▶ What needs to be done
Each record should be given back exactly, with none missing.

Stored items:
═══

// The session program: reads lines from standard input, and prints a header and one line for each line of the input.
//
// It reads its input in blocks and keeps one block, one line and one block's output, whatever the length of the input or of a line.
#![tactic(auto)]

ghost use Rattle.std.specs.Prelude.{◌≡◌, MatchOption, IfOk, OnOk};
ghost use Rattle.std.specs.Io.KnownBytes.{Appends};
ghost use Rattle.media.specs.Geometry.{pages_per_file};
ghost use Rattle.media.specs.Write.{media_of};
ghost use Rattle.device.specs.Device.{device_of, down_state};
ghost use Rattle.session_run.specs.Session.{start_device};
ghost use Rattle.device.specs.Moments.{device_at_entry, device_at_exit};
ghost use Rattle.session.specs.Served.{GoesOn, Ends, Replies, Prints};

use session_run::Session;
use std::io::{ErrorKind, Read, Write};

// As many bytes are read at a time.
const BLOCK_BYTES: usize = 1024;

// There is room for a line for each of them.
const OUTPUT_BYTES: usize = BLOCK_BYTES * session_run::REPLY_BYTES;

// Reading or writing failed, and standard error says how; or the turns are used up.
#[derive(Clone, Copy)]
struct Failed;

// Writes text to standard output. Where that fails, standard error says how.
fn write_out<W: Write, E: Eprint>(writer: &mut W, rt: &E, text: &[u8]) -> Result<(), Failed>
    ensures { OnOk result (Appends (W.contents writer.old) (W.contents writer.new) text.now) }
{
    writer.write_all(text).map_err(|e| {
        let _ = eprintln!(rt; "session: standard output: {e}");
        Failed
    })
}

// Reads a block, runs it and writes what it prints; the session after it comes back. At the end of the input what that prints is
// written, and no session comes back. A read that a signal interrupts takes nothing, and the session goes on. The parts of the device are
// lent as `feed` takes them: a struct of them would be taken apart here.
fn serve_block<R: Read, W: Write, E: Eprint>(
    media: &mut [u8],
    sizes: &mut [u32],
    frames: &mut [u8],
    session: Session,
    input: &mut [u8; BLOCK_BYTES],
    output: &mut [u8; OUTPUT_BYTES],
    reader: &mut R,
    writer: &mut W,
    rt: &E,
) -> Result<Option<Session>, Failed>
    ensures { IfOk result (λ next. MatchOption next
        (Ends (R.remaining reader.old) (W.contents writer.old) (W.contents writer.new)
        (device_at_entry media.old sizes.old frames.old session.cache) session.line)
        (λ after. GoesOn (R.remaining reader.old) (R.remaining reader.new) (W.contents writer.old) (W.contents writer.new)
        (device_at_entry media.old sizes.old frames.old session.cache) session.line
        (device_at_exit media.new sizes.new frames.new after.cache) after.line)) }
{
    match reader.read(input) {
        Ok(0) => {
            let last = session_run::finish(media, sizes, frames, session, output);
            write_out(writer, rt, &output[..answer::count(last.answer)])?;
            Ok(None)
        }
        Ok(n) => {
            let block = session_run::feed(media, sizes, frames, session, &input[..n], output);
            write_out(writer, rt, &output[..answer::count(block.answer)])?;
            Ok(Some(block.session))
        }
        Err(e) if e.kind() == ErrorKind::Interrupted => Ok(Some(session)),
        Err(e) => {
            let _ = eprintln!(rt; "session: standard input: {e}");
            Err(Failed)
        }
    }
}

// Runs blocks until the input ends, on media that are all 0, lent as in `serve_block`. A proved loop has to end, and nothing says that the input does: so it
// makes as many turns as no run uses up.
fn run<R: Read, W: Write, E: Eprint>(
    media: &mut [u8],
    sizes: &mut [u32],
    frames: &mut [u8],
    input: &mut [u8; BLOCK_BYTES],
    output: &mut [u8; OUTPUT_BYTES],
    reader: &mut R,
    writer: &mut W,
    rt: &E,
) -> Result<(), Failed>
    requires { device_of (media_of media.old sizes.old) frames.old down_state ≡ start_device pages_per_file }
    ensures { OnOk result (Replies (R.remaining reader.old) (W.contents writer.old) (W.contents writer.new)) }
{
    let mut session = session_run::start();
    for _ in 0..u64::MAX {
        let next = serve_block(
            media, sizes, frames, session, input, output, reader, writer, rt,
        )?;
        match next {
            Some(after) => session = after,
            None => return Ok(()),
        }
    }
    Err(Failed)
}

// Prints the header, and runs the session.
fn print_session<R: Read, W: Write, E: Eprint>(
    media: &mut [u8],
    sizes: &mut [u32],
    frames: &mut [u8],
    input: &mut [u8; BLOCK_BYTES],
    output: &mut [u8; OUTPUT_BYTES],
    reader: &mut R,
    writer: &mut W,
    rt: &E,
) -> Result<(), Failed>
    requires { device_of (media_of media.old sizes.old) frames.old down_state ≡ start_device pages_per_file }
    ensures { OnOk result (Prints (R.remaining reader.old) (W.contents writer.old) (W.contents writer.new)) }
{
    write_out(writer, rt, &session_run::header())?;
    run(media, sizes, frames, input, output, reader, writer, rt)
}

fn main(rt: HostRuntime) {
    let mut media = [0u8; 32768];
    let mut sizes = [0u32; 8];
    let mut frames = [0u8; 6144];
    let mut input = [0u8; BLOCK_BYTES];
    let mut output = [0u8; OUTPUT_BYTES];
    let _ = print_session(
        &mut media,
        &mut sizes,
        &mut frames,
        &mut input,
        &mut output,
        &mut rt.stdin(),
        &mut rt.stdout(),
        &rt,
    );
}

═══

▶ Completed task
// The session program: reads lines from standard input, and prints a header and one line for each line of the input.
//
// It reads its input in blocks and keeps one block, one line and one block's output, whatever the length of the input or of a line.
#![tactic(auto)]

ghost use Rattle.std.specs.Prelude.{◌≡◌, MatchOption, IfOk, OnOk};
ghost use Rattle.std.specs.Io.KnownBytes.{Appends};
ghost use Rattle.media.specs.Geometry.{pages_per_file};
ghost use Rattle.media.specs.Write.{media_of};
ghost use Rattle.device.specs.Device.{device_of, down_state};
ghost use Rattle.session_run.specs.Session.{start_device};
ghost use Rattle.device.specs.Moments.{device_at_entry, device_at_exit};
ghost use Rattle.session.specs.Served.{GoesOn, Ends, Replies, Prints};

use session_run::Session;
use std::io::{ErrorKind, Read, Write};

// As many bytes are read at a time.
const BLOCK_BYTES: usize = 1024;

// There is room for a line for each of them.
const OUTPUT_BYTES: usize = BLOCK_BYTES * session_run::REPLY_BYTES;

// Reading or writing failed, and standard error says how; or the turns are used up.
#[derive(Clone, Copy)]
struct Failed;

// Writes text to standard output. Where that fails, standard error says how.
fn write_out<W: Write, E: Eprint>(writer: &mut W, rt: &E, text: &[u8]) -> Result<(), Failed>
    ensures { OnOk result (Appends (W.contents writer.old) (W.contents writer.new) text.now) }
{
    writer.write_all(text).map_err(|e| {
        let _ = eprintln!(rt; "session: standard output: {e}");
        Failed
    })
}

// Reads a block, runs it and writes what it prints; the session after it comes back. At the end of the input what that prints is
// written, and no session comes back. A read that a signal interrupts takes nothing, and the session goes on. The parts of the device are
// lent as `feed` takes them: a struct of them would be taken apart here.
fn serve_block<R: Read, W: Write, E: Eprint>(
    media: &mut [u8],
    sizes: &mut [u32],
    frames: &mut [u8],
    session: Session,
    input: &mut [u8; BLOCK_BYTES],
    output: &mut [u8; OUTPUT_BYTES],
    reader: &mut R,
    writer: &mut W,
    rt: &E,
) -> Result<Option<Session>, Failed>
    ensures { IfOk result (λ next. MatchOption next
        (Ends (R.remaining reader.old) (W.contents writer.old) (W.contents writer.new)
        (device_at_entry media.old sizes.old frames.old session.cache) session.line)
        (λ after. GoesOn (R.remaining reader.old) (R.remaining reader.new) (W.contents writer.old) (W.contents writer.new)
        (device_at_entry media.old sizes.old frames.old session.cache) session.line
        (device_at_exit media.new sizes.new frames.new after.cache) after.line)) }
{
    match reader.read(input) {
        Ok(0) => {
            let last = session_run::finish(media, sizes, frames, session, output);
            write_out(writer, rt, &output[..answer::count(last.answer)])?;
            Ok(None)
        }
        Ok(n) => {
            let block = session_run::feed(media, sizes, frames, session, &input[..n], output);
            write_out(writer, rt, &output[..answer::count(block.answer)])?;
            Ok(Some(block.session))
        }
        Err(e) if e.kind() == ErrorKind::Interrupted => Ok(Some(session)),
        Err(e) => {
            let _ = eprintln!(rt; "session: standard input: {e}");
            Err(Failed)
        }
    }
}

// Runs blocks until the input ends, on media that are all 0, lent as in `serve_block`. A proved loop has to end, and nothing says that the input does: so it
// makes as many turns as no run uses up.
fn run<R: Read, W: Write, E: Eprint>(
    media: &mut [u8],
    sizes: &mut [u32],
    frames: &mut [u8],
    input: &mut [u8; BLOCK_BYTES],
    output: &mut [u8; OUTPUT_BYTES],
    reader: &mut R,
    writer: &mut W,
    rt: &E,
) -> Result<(), Failed>
    requires { device_of (media_of media.old sizes.old) frames.old down_state ≡ start_device pages_per_file }
    ensures { OnOk result (Replies (R.remaining reader.old) (W.contents writer.old) (W.contents writer.new)) }
{
    let mut session = session_run::start();
    for _ in 0..u64::MAX {
        let next = serve_block(
            media, sizes, frames, session, input, output, reader, writer, rt,
        )?;
        match next {
            Some(after) => session = after,
            None => return Ok(()),
        }
    }
    Err(Failed)
}

// Prints the header, and runs the session.
fn print_session<R: Read, W: Write, E: Eprint>(
    media: &mut [u8],
    sizes: &mut [u32],
    frames: &mut [u8],
    input: &mut [u8; BLOCK_BYTES],
    output: &mut [u8; OUTPUT_BYTES],
    reader: &mut R,
    writer: &mut W,
    rt: &E,
) -> Result<(), Failed>
    requires { device_of (media_of media.old sizes.old) frames.old down_state ≡ start_device pages_per_file }
    ensures { OnOk result (Prints (R.remaining reader.old) (W.contents writer.old) (W.contents writer.new)) }
{
    write_out(writer, rt, &session_run::header())?;
    run(media, sizes, frames, input, output, reader, writer, rt)
}

fn main(rt: HostRuntime) {
    let mut media = [0u8; 32768];
    let mut sizes = [0u32; 8];
    let mut frames = [0u8; 6144];
    let mut input = [0u8; BLOCK_BYTES];
    let mut output = [0u8; OUTPUT_BYTES];
    let _ = print_session(
        &mut media,
        &mut sizes,
        &mut frames,
        &mut input,
        &mut output,
        &mut rt.stdin(),
        &mut rt.stdout(),
        &rt,
    );
}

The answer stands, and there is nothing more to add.